Advanced persistent threat (APT) actors are exploiting vulnerabilities in the Fortinet FortiOS operating system to gain access to servers to get into networks as pre-positioning for follow-on data exfiltration and information encryption attacks.
In the last Joint Cybersecurity Advisory, the DHS’ Cybersecurity and Infrastructure Security Agency and the Federal Bureau of Investigation (FBI) cautioned consumers of the Fortinet FortiOS to quickly apply patches for three security vulnerabilities, tracked as CVE 2020-12812, CVE 2018-13379, and CVE 2019-5591.
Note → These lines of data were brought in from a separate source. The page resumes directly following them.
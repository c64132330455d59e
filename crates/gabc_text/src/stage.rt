//! The machine that reads a text, one character at a time.

ghost use Rattle.std.specs.Prelude.{◌≡◌, ◌==◌, ◌↔◌, ◌&&◌, ℕ, ◌+◌, ◌≤◌, List, [], length, map, true, false, IsTrue};
ghost use Rattle.std.specs.Str.{chars, NonePass};
ghost use Rattle.gabc_places.specs.BoundedList.{Fits, extended_by};
ghost use Rattle.gabc_text.specs.TextStage.{fresh_stage};
ghost use Rattle.gabc_text.specs.witness.Keeps.{Keeps};
ghost use Rattle.gabc_text.specs.machine.TextStage.{token_stage, events_of_token, settle_stage, events_of_settling, read_stage, events_of_reading, events_of_end, end_stage, push_stage, events_of_push, finish_stage, events_of_finish, is_cut_end, end_by};
ghost use Rattle.gabc_text.specs.View.{piece_kind};
ghost use Rattle.gabc_text.specs.witness.EventsLeft.{events_left, parts_by};
ghost use Rattle.gabc_text.specs.machine.TokenState.{IsLetterBetween};
ghost use Rattle.gabc_text.specs.machine.RawPart.{stage_past, is_in_raw};
ghost use Rattle.gabc_text.specs.Events.{CountsFit, codes_of, events_by_point};
ghost use Rattle.gabc_text.specs.End.{is_end};

use crate::emit::{emit_char, emit_code, emit_part, emit_piece};
use crate::progress::{Progress, centre, part_at, piece_there};
use crate::text_event::{TextEnd, TextEvent, TextPart};
use crate::text_facts::{
    TextFacts, centre_code, code_at, early_at, keep, kind_of, no_facts, style_code,
};
use crate::token::{TagEffect, TokenKind};
use crate::token_state::{
    Step, TokenState, is_plain, is_plain_letter, is_unmatched, kind_at_end, next_step, settled_kind,
};
use crate::view::PieceKind;
use gabc_places::{Char, Place, Room, Stage};

/// Reads a text, one character at a time, up to the `(` of its notes (GregorioRef, "Syllable Text
/// Syntax"). What a character makes known is emitted with it; after the `(` nothing is emitted. A
/// call emits at most 8 events. It does not allocate. After its end `push` and `finish` change
/// nothing of it.
#[derive(Clone, Copy)]
pub struct TextStage {
    pub(crate) state: TokenState,
    facts: TextFacts,
    pub(crate) progress: Progress,
    ended: bool,
}

/// Returns whether a text with the end `how` is cut.
fn is_cut(how: TextEnd) -> bool
    ensures { result ≡ is_cut_end how }
{
    match how {
        TextEnd::Cut(_) => true,
        _ => false,
    }
}

impl TextStage {
    /// Returns a machine that has read nothing. The first character is at `at`. The spans that it
    /// emits count bytes of the kept text, a centre counts pieces. Each count saturates. It has
    /// kept the empty text. A call emits at most 8 events. After the end `push` and `finish` emit
    /// nothing, and leave the machine as it is.
    pub fn new(at: Place) -> TextStage
        ensures fresh { result ≡ fresh_stage at }
        ensures keeps { Keeps result [] }
        ensures events { (t : List ℕ) → CountsFit at t →
            events_left result t ≡ events_by_point at t }
    {
        TextStage {
            state: TokenState::Plain,
            facts: no_facts(),
            progress: Progress::new(at),
            ended: false,
        }
    }

    /// Returns whether it has read nothing, and its first character is at `at`.
    pub fn begins(&self, at: Place) -> bool
        ensures { IsTrue result ↔ (self.now ≡ fresh_stage at) }
    {
        match self.state {
            TokenState::Plain => {
                !self.ended && self.facts == no_facts() && self.progress == Progress::new(at)
            }
            _ => false,
        }
    }

    /// Emits the parts of a token: a piece comes after the pending blank. Before its last
    /// character, `last` bytes were kept.
    #[inline(always)]
    fn emit_parts(&self, kind: TokenKind, effect: TagEffect, last: usize, out: &mut Room<TextEvent>)
        requires { Fits out.old 2 }
        ensures events { let progress = self.now.progress in out.new
            ≡ extended_by out.old (map (λ p. TextEvent.Part p)
            (parts_by self.now.facts progress kind last progress.kept (piece_kind kind effect))) }
        ensures few { length out.new.items ≤ length out.old.items + 2 }
    {
        match kind_of(kind, effect) {
            Some(piece) => {
                emit_piece(out, self.progress.blank);
                emit_piece(
                    out,
                    Some(piece_there(self.facts, self.progress, piece, last)),
                );
            }
            None => emit_part(out, part_at(self.facts, self.progress, kind, last)),
        }
    }

    /// Reads a token, which ends before `place`. Before its last character, `last` bytes were kept.
    #[inline(always)]
    fn token(
        &mut self,
        kind: TokenKind,
        effect: TagEffect,
        place: Place,
        last: usize,
        out: &mut Room<TextEvent>,
    )
        requires { Fits out.old 3 }
        ensures stage { self.new ≡ token_stage self.old kind effect place }
        ensures out { out.new
            ≡ extended_by out.old
            (events_of_token self.old.facts self.old.progress kind effect last) }
        ensures few { length out.new.items ≤ length out.old.items + 3 }
    {
        self.emit_parts(kind, effect, last, out);
        let code = code_at(self.facts, kind, effect);
        emit_code(out, self.progress.place, code);
        self.state = TokenState::Plain;
        self.progress.pass_token(self.facts, kind, effect, place);
        self.facts.pass(kind, effect);
    }

    /// Reads the token, if any, that ends before the character `c`.
    fn settle(&mut self, c: char, out: &mut Room<TextEvent>)
        requires { Fits out.old 3 }
        ensures stage { self.new ≡ settle_stage self.old c }
        ensures out { out.new ≡ extended_by out.old (events_of_settling self.old c) }
        ensures few { length out.new.items ≤ length out.old.items + 3 }
    {
        if let Some(kind) = settled_kind(self.state, c) {
            self.token(
                kind,
                TagEffect::Other,
                self.progress.next,
                self.progress.start,
                out,
            );
        }
    }

    /// Reads the character `c`, which is part of the current token or begins one.
    fn read(&mut self, c: char, out: &mut Room<TextEvent>)
        requires { Fits out.old 5 }
        ensures stage { self.new ≡ read_stage self.old c }
        ensures out { out.new ≡ extended_by out.old (events_of_reading self.old c) }
        ensures few { length out.new.items ≤ length out.old.items + 5 }
    {
        let kept = keep(self.facts, self.state, c);
        let last = self.progress.kept;
        let early = early_at(self.facts, self.state, c);
        emit_code(out, self.progress.place, early);
        emit_char(out, self.progress.next, kept);
        self.progress.pass(c, kept);
        match next_step(self.state, c) {
            Step::Stays(state) => self.state = state,
            Step::Ends { kind, effect } => {
                self.token(kind, effect, self.progress.next, last, out);
            }
        }
    }

    /// Reads the character, which is a letter between tokens, as `read` does, without its tests:
    /// long words take 5 % fewer instructions by it, and real scores 2 %.
    fn letter(&mut self, c: char, out: &mut Room<TextEvent>)
        requires fits { Fits out.old 5 }
        requires between { self.old.state ≡ TokenState.Plain }
        requires letter { IsLetterBetween c }
        ensures stage { self.new ≡ read_stage self.old c }
        ensures out { out.new ≡ extended_by out.old (events_of_reading self.old c) }
        ensures few { length out.new.items ≤ length out.old.items + 5 }
    {
        let last = self.progress.kept;
        emit_char(out, self.progress.next, Some(c));
        emit_piece(out, self.progress.blank);
        self.progress.pass(c, Some(c));
        let piece = piece_there(self.facts, self.progress, PieceKind::Char, last);
        emit_piece(out, Some(piece));
        let place = self.progress.next;
        self.progress
            .pass_token(self.facts, TokenKind::Letter, TagEffect::Other, place);
        self.facts.pass(TokenKind::Letter, TagEffect::Other);
    }

    /// Ends the text with the end `how`.
    fn end(&mut self, how: TextEnd, out: &mut Room<TextEvent>)
        requires { Fits out.old 4 }
        ensures stage { self.new ≡ end_stage self.old }
        ensures out { out.new
            ≡ extended_by out.old (events_of_end self.old.facts self.old.progress how) }
        ensures few { length out.new.items ≤ length out.old.items + 4 }
    {
        let place = self.progress.next;
        if !is_cut(how) {
            emit_code(out, place, style_code(self.facts.styles));
            emit_code(out, place, centre_code(self.facts));
        }
        emit_part(out, centre(self.progress).map(TextPart::Centre));
        out.push(TextEvent::Ended(how));
        self.ended = true;
    }

    /// Reads the character `c`, after the token, if any, that ends before it. A `(` between tokens
    /// ends the text.
    fn settle_and_read(&mut self, c: char, out: &mut Room<TextEvent>)
        requires fits { Fits out.old 8 }
        requires open { self.old.ended ≡ false }
        ensures stage { self.new ≡ push_stage self.old c }
        ensures out { out.new ≡ extended_by out.old (events_of_push self.old c) }
        ensures few { length out.new.items ≤ length out.old.items + 8 }
    {
        self.settle(c, out);
        if c == '(' && is_plain(self.state) {
            self.end(TextEnd::Notes, out);
        } else {
            self.read(c, out);
        }
    }

    /// Takes the character `c`. After the end it changes nothing.
    pub(crate) fn take(&mut self, c: char, out: &mut Room<TextEvent>)
        requires { Fits out.old 8 }
        ensures stage { self.new ≡ push_stage self.old c }
        ensures out { out.new ≡ extended_by out.old (events_of_push self.old c) }
        ensures few { length out.new.items ≤ length out.old.items + 8 }
    {
        if self.ended {
            return;
        }
        match self.state {
            TokenState::Plain if is_plain_letter(c) => self.letter(c, out),
            _ => self.settle_and_read(c, out),
        }
    }

    /// Returns whether it is in a raw part, with no character of the ending read.
    pub(crate) fn is_in_raw(&self) -> bool
        ensures { result ≡ is_in_raw self.now }
    {
        !self.ended && is_unmatched(self.state)
    }

    /// Takes the characters of `text` in a raw part. None of them begins the ending, so that each
    /// is kept, and nothing more is emitted.
    pub(crate) fn pass(&mut self, text: &str)
        requires raw { is_in_raw self.old ≡ true }
        requires no_ending { NonePass (λ c. c == 60) (chars text.now) }
        ensures { self.new ≡ stage_past self.old (chars text.now) }
    {
        for c in text.chars() {
            self.progress.pass(c, Some(c));
        }
    }

    /// Returns whether the text has ended.
    pub(crate) fn is_done(&self) -> bool
        ensures { result ≡ self.now.ended }
    {
        self.ended
    }

    /// Ends the input.
    pub(crate) fn stop(&mut self, out: &mut Room<TextEvent>)
        requires { Fits out.old 8 }
        ensures stage { self.new ≡ finish_stage self.old }
        ensures out { out.new ≡ extended_by out.old (events_of_finish self.old) }
        ensures few { length out.new.items ≤ length out.old.items + 8 }
    {
        if !self.ended {
            let from = self.progress.place;
            match kind_at_end(self.state) {
                Some(kind) => {
                    self.token(
                        kind,
                        TagEffect::Other,
                        self.progress.next,
                        self.progress.start,
                        out,
                    );
                    self.end(end_after(kind, from), out);
                }
                None => self.end(TextEnd::Finished, out),
            }
        }
    }
}

/// Returns the end of a text whose last token is of kind `kind`, begins at `from`, and ends with
/// the input.
fn end_after(kind: TokenKind, from: Place) -> TextEnd
    ensures { result ≡ end_by kind from }
{
    match kind {
        TokenKind::OpenTag | TokenKind::OpenTranslation => TextEnd::Cut(from),
        _ => TextEnd::Finished,
    }
}

impl Stage for TextStage {
    type Input = Char;

    type Output = TextEvent;

    ghost use Rattle.std.specs.List.{list_any};
    ghost use Rattle.std.specs.Prelude.{◌+◌, ◌≤◌, ◌||◌, drop, length};
    ghost use Rattle.gabc_places.specs.BoundedList.{Fits};
    ghost use Rattle.gabc_places.specs.Place.{saturating_next_place};
    ghost use Rattle.gabc_places.specs.StageLaw.{Pushes, Finishes, EmitsNothing, StopsAtEnd};
    ghost use Rattle.gabc_text.specs.BuiltText.{kept_in};
    ghost use Rattle.gabc_text.specs.witness.StageReports.{has_ended, next_of};
    ghost use Rattle.gabc_text.specs.witness.Steps.{Steps};
    ghost use Rattle.gabc_text.specs.StageReports.{EndedInPlace};
    ghost use Rattle.gabc_text.specs.PiecesOwed.{pieces_in, PiecesArePaid};
    ghost use Rattle.gabc_text.specs.witness.PiecesOwed.{pieces_owed};

    ghost rest = { λ s cs. events_left s (codes_of cs) };

    ghost most_of = { λ _. 8 };

    ghost is_end = { is_end };

    fn most(&self) -> usize {
        8
    }

    fn push(&mut self, input: Char, out: &mut Room<TextEvent>)
        requires { Fits out.old 8 }
        ensures events { Pushes (λ cs. events_left self.old (codes_of cs))
            (λ cs. events_left self.new (codes_of cs)) input 8 out.old out.new }
        ensures end { StopsAtEnd is_end (λ cs. events_left self.new (codes_of cs)) out.old out.new }
        ensures pieces { PiecesArePaid self.old
            (drop (length out.old.items) out.new.items) self.new }
        ensures steps { Steps self.old input (drop (length out.old.items) out.new.items) self.new }
        ensures ends { let events = drop (length out.old.items) out.new.items in
            has_ended self.new ≡ (has_ended self.old || list_any is_end events) }
        ensures next { has_ended self.new ≡ false →
            next_of self.new ≡ saturating_next_place (next_of self.old) input.c }
        ensures stays { has_ended self.old ≡ true → self.new ≡ self.old }
        ensures ended { has_ended self.old ≡ false → has_ended self.new ≡ true →
            EndedInPlace self.old self.new }
    {
        self.take(input.c, out);
    }

    fn finish(&mut self, out: &mut Room<TextEvent>)
        requires { Fits out.old 8 }
        ensures ends { Finishes (λ cs. events_left self.old (codes_of cs)) 8 out.old out.new }
        ensures end { StopsAtEnd is_end (λ cs. events_left self.new (codes_of cs)) out.old out.new }
        ensures over { EmitsNothing (λ cs. events_left self.new (codes_of cs)) }
        ensures done { has_ended self.new ≡ true }
        ensures stays { has_ended self.old ≡ true → self.new ≡ self.old }
        ensures ended { has_ended self.old ≡ false → EndedInPlace self.old self.new }
        ensures pieces { let events = drop (length out.old.items) out.new.items in
            pieces_in events ≤ pieces_owed self.old + length (kept_in events) }
    {
        self.stop(out);
    }
}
Patches were made available to correct the vulnerabilities in May 2019, July 2019, July 2020. Fortinet sent communications to affected organizations and publicized several blog posts instructing users to get updates of the FortiOS secure version; even so, a number of clients have not applied the patches to resolve the flaws and are in danger of attack.
CVE-2018-13379 is a vulnerability caused by an incorrect restriction of a pathname to a restricted directory and is found in Fortinet FortiOS 6.0.0 to 6.0.4, 5.6.3 to 5.6.7 and 5.4.6 to 5.4.12. Under SSL VPN web portal, an unauthenticated attacker will be able to get system files by submitting specially created HTTP requests to a vulnerable server. In the past, Russian, Chinese, and Iranian APT groups have exploited the vulnerability to break into U.S. election support systems.
CVE-2020-12812 is a poor authentication vulnerability identified in SSL VPN in FortiOS 6.4.0, 6.2.0 to 6.2.3, 6.0.9, which may be taken advantage of allowing users to sign in successfully without prompting another authentication factor – FortiToken – when they altered the case of their username.
CVE-2019-5591 is a default configuration vulnerability found in FortiOS which can enable an unauthenticated threat actor on the same subnet to seize sensitive information by acting as the LDAP server.
The FBI/CISA state that APT groups are identifying servers that are not yet patched to repair CVE-2020-12812 and CVE-2019-5591 and are monitoring for devices insecure to CVE-2018-13379 on ports 10443, 8443, and 4443. The vulnerabilities were exploited to obtain access to multiple commercial, government, and technology services systems. Other CVEs and exploitation strategies like spear-phishing may also possibly be utilized in attacks to obtain access to critical infrastructure systems.
Besides using the patches to fix the vulnerabilities, the FBI/CISA suggests a number of other ways to avoid vulnerability exploitation.
- Update the execution deny lists with the key artifact files employed by FortiOS to avoid efforts to install and run the vulnerable program and its associated data files.
- Configure systems to require administrator credentials before installing software.
- Implement multi-factor authentication where possible, maintain good password hygiene, and conduct audits of accounts with admin privileges.
- Disable all unused remote access/RDP ports and audit remote access/RDP logs.
- Because phishing attacks are probable to occur, flag emails from external sources and disable hyperlinks in emails.
- Educate the employees about data security and how to recognize phishing emails.
- Install antivirus software on all devices and keep it up to date.
- Use network segmentation to limit the harm that can be caused in case of a network breach.
- Considering that extortion and data deletion attacks may happen, regularly back up data and keep a backup copy on an air-gapped gadget and password-protect the copy.
- Create a recovery plan to recover sensitive information from a physically distinct, segmented, safe place.